Tag Archives: economics

Of Rationality

Assumption number one of all socio economic sciences is rationality. All economic theories depend on this assumption, all models of financial behaviour are built to the expectation that the participants in the money game will behave rationally. If rational behaviour does not occur, the theories and models are rubbish – of less value and must be looked at again (rubbish).

So what is this rationality? It means that given a set of choices, people will always choose the option that gives them maximum value. So, if you have a choice between two banks to save your money in, one offering 3% and the other offering 4% returns, you will choose the one that gives you higher returns. Another example: if you have a sum of money to invest, you will invest it in a project that promises you the best returns (adjusted for risk).

Sometimes this does not work, of course. We are human beings and do not always operate in our best interests. (My coaching business is built on this assumption!) Going back to the example of the investor in a project: suppose he has two choices. One with a cousin whose family have been very kind to him and put him through school where the investment will yield 10% return. The other option is to invest in the bank at 10.5%. Both investments are for the same time period. The cousin’s business is of course more risky than the bank, but not really very much more. It is an established business and he just needs the money to refresh his machinery. The business has been giving higher profits than the 10% promised for this deal, so we are quite sure we will get the money back. What should our investor do?

Rationality demands that he maximises his returns and invest in the bank. But when unquantifiable emotions of loyalty, friendship or even fear come into the picture, economic decision making will not necessarily be rational. How will the computers and the financial models deal with this issue?

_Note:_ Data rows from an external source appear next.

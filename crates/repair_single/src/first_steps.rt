//! The steps of the first events of a record, gathered while it is walked over.
ghost use Rattle.std.specs.Prelude.{◌≡◌, [], ◌++◌, take, IsTrue, OnOk, IfOk};
ghost use Rattle.ref_play.specs.Texts.{text_fault};
ghost use Rattle.game_turns.specs.Machines.{state_of};
ghost use Rattle.game_deal.specs.Recorded.{IsNamed};

use crate::standing::withdraws_at;
use deal_steps::{Act, Motion, Step};
use game_deal::next_step;
use game_turns::Machine;
use gcg_read::{Event, EventKind};
use ref_play::from_text;
use std::alloc::{AllocError, Global};

/// Whether the text of an event names a placement, if it is a play.
fn is_named(machine: &Machine, kind: &EventKind) -> bool
    ensures { IsTrue result → IsNamed (state_of machine.now).board kind.now }
{
    match kind {
        EventKind::Play { at, dir, word } => {
            from_text(machine.board(), *at, *dir, word.as_slice()).is_ok()
        }
        _ => true,
    }
}

/// The steps of the first events of a record.
#[derive(Drop)]
pub(crate) struct FirstSteps {
    /// The steps.
    pub(crate) steps: Vec<Step>,
    /// The greatest number of steps that are kept.
    pub(crate) most: usize,
}

impl FirstSteps {
    ghost use Rattle.repair_single.specs.FirstSteps.{MayAddStep};

    /// None yet.
    pub(crate) fn new(alloc: Global, most: usize) -> FirstSteps
        ensures { result.steps.items ≡ [] }
    {
        FirstSteps {
            steps: Vec::new(alloc),
            most,
        }
    }

    /// The first `many` of these.
    pub(crate) fn of(
        alloc: Global,
        steps: &[Step],
        many: usize,
        most: usize,
    ) -> Result<FirstSteps, AllocError>
        ensures { IfOk result (λ first. first.steps.items ≡ take many steps.now) }
    {
        let end = many.min(steps.len());
        let mut first = Vec::new(alloc);
        first.extend_from_slice(&steps[..end])?;
        Ok(FirstSteps { steps: first, most })
    }

    /// Adds these after the others.
    pub(crate) fn add(&mut self, steps: &[Step]) -> Result<(), AllocError>
        ensures { OnOk result (self.new.steps.items ≡ self.old.steps.items ++ steps.now) }
    {
        self.steps.extend_from_slice(steps)?;
        Ok(())
    }

    /// Adds the step of the event at a place, if it comes next and is wanted. The machine took the events before it.
    pub(crate) fn note(
        &mut self,
        machine: &Machine,
        events: &[Event],
        place: usize,
    ) -> Result<(), AllocError>
        ensures { OnOk result (MayAddStep (state_of machine.now) events.now place self.old.steps.items self.new.steps.items) }
    {
        // These two values only make the types of motions and acts known to the prover.
        let _keeps = Motion::Keeps;
        let _rests = Act::Rests;
        if place >= self.most || self.steps.len() != place {
            return Ok(());
        }
        let Some(event) = events.get(place) else {
            return Ok(());
        };
        if !is_named(machine, &event.kind) {
            return Ok(());
        }
        let withdrawn = withdraws_at(events, place + 1);
        self.steps.push(next_step(machine, event, withdrawn))?;
        Ok(())
    }
}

This is not the only time when rationality is abandoned. How many of us have said, “I must have a salad for lunch” and ended up eating something much more calorific? The rational decision making process was abandoned for something that gave a different kind of value. Or invested our purchasing dollars in the chocolate market when other markets made stronger calls on our wallet.

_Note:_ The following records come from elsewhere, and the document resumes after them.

//! What `compare` says of two sheets, in plain words for a director.
//!
//! [`push_comparison`] writes each difference with its two lines and what the rules say of them, and the verdict on the merged record. All of it is in
//! the answer that `compare_answers` makes; here it is only put into words.
#![tactic(auto)]

mod choices;
mod differences;
mod lines;
mod racks;
mod repaired;
mod results;
mod written;

pub use choices::push_choice;
pub use lines::push_comparison;
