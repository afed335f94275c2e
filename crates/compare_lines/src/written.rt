//! Lines as they are written on a sheet.

use compare_alignments::{Pair, Side};
use compare_choices::Sheets;
use draft_numbers::push_event_text;
use explain_parts::say;
use gcg_drafts::Missing;
use gcg_read::{Event, Record, same_seat};
use std::alloc::AllocError;

/// The event at a place, if there is a place.
pub(crate) fn event_at(record: &Record, place: Option<usize>) -> Option<&Event> {
    match place {
        Some(place) => record.events.as_slice().get(place),
        None => None,
    }
}

/// Appends the number of a line, if there is a line.
fn push_line_number(text: &mut Vec<u8>, event: Option<&Event>) -> Result<(), AllocError> {
    match event {
        Some(event) => say!(text; "line ", event.line),
        None => say!(text; "no line"),
    }
}

/// Appends the numbers of the lines of a pair.
pub(crate) fn push_numbers(
    text: &mut Vec<u8>,
    sheets: &Sheets,
    pair: &Pair,
) -> Result<(), AllocError> {
    push_line_number(text, event_at(&sheets.first, pair.first))?;
    say!(text; " | ")?;
    push_line_number(text, event_at(&sheets.second, pair.second))
}

/// Appends what a line says after its rack, without the numbers that it lacks, and with its player if `named` says so.
fn push_after_rack(
    text: &mut Vec<u8>,
    record: &Record,
    place: Option<usize>,
    missing: Missing,
    named: bool,
) -> Result<(), AllocError> {
    let Some(place) = place else {
        return say!(text; "nothing");
    };
    if place >= record.events.len() {
        return Ok(());
    }
    if named {
        let player = record.events.as_slice()[place].player;
        say!(text; record.players.of(player).nick.as_bytes(), ": ")?;
    }
    push_event_text(text, record, place, missing)
}

/// Whether the lines of a pair are of different players.
fn differ_in_player(sheets: &Sheets, pair: &Pair) -> bool {
    let first = event_at(&sheets.first, pair.first);
    let second = event_at(&sheets.second, pair.second);
    match (first, second) {
        (Some(event), Some(other)) => !same_seat(event.player, other.player),
        _ => true,
    }
}

/// Appends the lines of a pair.
pub(crate) fn push_pair(
    text: &mut Vec<u8>,
    sheets: &Sheets,
    pair: &Pair,
) -> Result<(), AllocError> {
    let named = differ_in_player(sheets, pair);
    push_numbers(text, sheets, pair)?;
    say!(text; ": ")?;
    let missing = sheets.lack_on(pair, Side::First);
    push_after_rack(text, &sheets.first, pair.first, missing, named)?;
    say!(text; " | ")?;
    let missing = sheets.lack_on(pair, Side::Second);
    push_after_rack(text, &sheets.second, pair.second, missing, named)
}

Why bother with rationality at all? Why does it matter? Because all of our markets are built and sustained on their ability to predict. The salad bar stocks as much salad as they predict rational customers will buy. If impulse takes over from rationality, then the shopkeeper must hold wasted stock, which, since it is perishable is a clear loss. 

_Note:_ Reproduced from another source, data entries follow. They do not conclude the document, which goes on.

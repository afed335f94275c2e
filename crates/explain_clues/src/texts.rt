//! Where a text does not agree with the board, and the number of tiles that it puts down.
ghost use Rattle.std.specs.Prelude.{◌≡◌, ◌≤◌, ◌+◌, length};
ghost use Rattle.ref_board.specs.Lines.{place_of};
ghost use Rattle.explain_clues.specs.Texts.{leaves_board, IsFirstMisfit, new_tiles};

use ref_board::{Board, Dir, SIDE, Square};
use ref_play::{along, placement_of, symbol_fits};
use ref_tiles::Symbol;

/// Whether a text leaves the board.
fn leaves_board(at: Square, dir: Dir, word: &[Symbol]) -> bool
    ensures { result ≡ leaves_board dir at word.now }
{
    word.len() > SIDE - at.place(dir)
}

/// The place, counted from 0, of the first symbol of a text that does not agree with its square: a dot on an empty square, or a
/// letter on a tile that shows another. None if each agrees, or if the text leaves the board.
pub fn first_misfit(board: &Board, at: Square, dir: Dir, word: &[Symbol]) -> Option<usize>
    ensures { IsFirstMisfit board.now dir at word.now result }
{
    if leaves_board(at, dir, word) {
        return None;
    }
    for (k, symbol) in word.iter().enumerate() {
        if !symbol_fits(board.at(along(at, dir, k)), *symbol) {
            return Some(k);
        }
    }
    None
}

/// The number of tiles that a text puts down: its letters on empty squares. None if it leaves the board.
pub fn new_tiles(board: &Board, at: Square, dir: Dir, word: &[Symbol]) -> Option<usize>
    ensures { result ≡ new_tiles board.now dir at word.now }
{
    if leaves_board(at, dir, word) {
        return None;
    }
    Some(placement_of(board, at, dir, word).len())
}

Banks too have the same principle. They hold only as much loose cash as they predict will be required by their customers on a daily basis. The rest of the money that we put with them is invested in other people’s projects – locked away for a few years – you many say. If rationality gives way to fear, there will be a run on the bank. They will need to pay out more than they predicted, which of course isn’t there, at least for now.

What does that mean for us, the ordinary joe-on-the-street? Do we hold on to rationality just to keep their precious models and big banks going? Because, I’m going to do what’s right for me.

 

Yup, agreed.

And that’s the difference between micro and macro economics. Ditch the jargon, stay with the story. If I, blogjoe, feel insecure about my income and savings, I will start hoarding my money. Hell, I’ll even buy 50 cans of baked beans every few months and save them up. And so will a lot of people, because they are doing what’s right for them. If I could, I’d even stock up electricity payments and such like. And, I’m going to stop buying shoes, bags, chocolate, newspapers, cut back on cigarettes and alcohol.

What does that do to the economy if all of us do this? It kills the shoe industry, bag industry, chocolate industry etc. And they are employers too….but not for long. No income for them means no pay for their employees. Redundancies loom. Less money to spend means more companies in trouble, means more redundancies.

Does everybody suffer? And what does this have to do with rationality?

No, everybody does not suffer: The baked bean companies should do very well if all of us keep buying (till we get sick of them and the economy picks up!) Utilites are essentials, they should do well, as should discount retailers.  Our economic behaviour is perfectly rational, from our point of view. But my rationality is not our rationality. Once we understand that, we begin to understand why we are in a recession.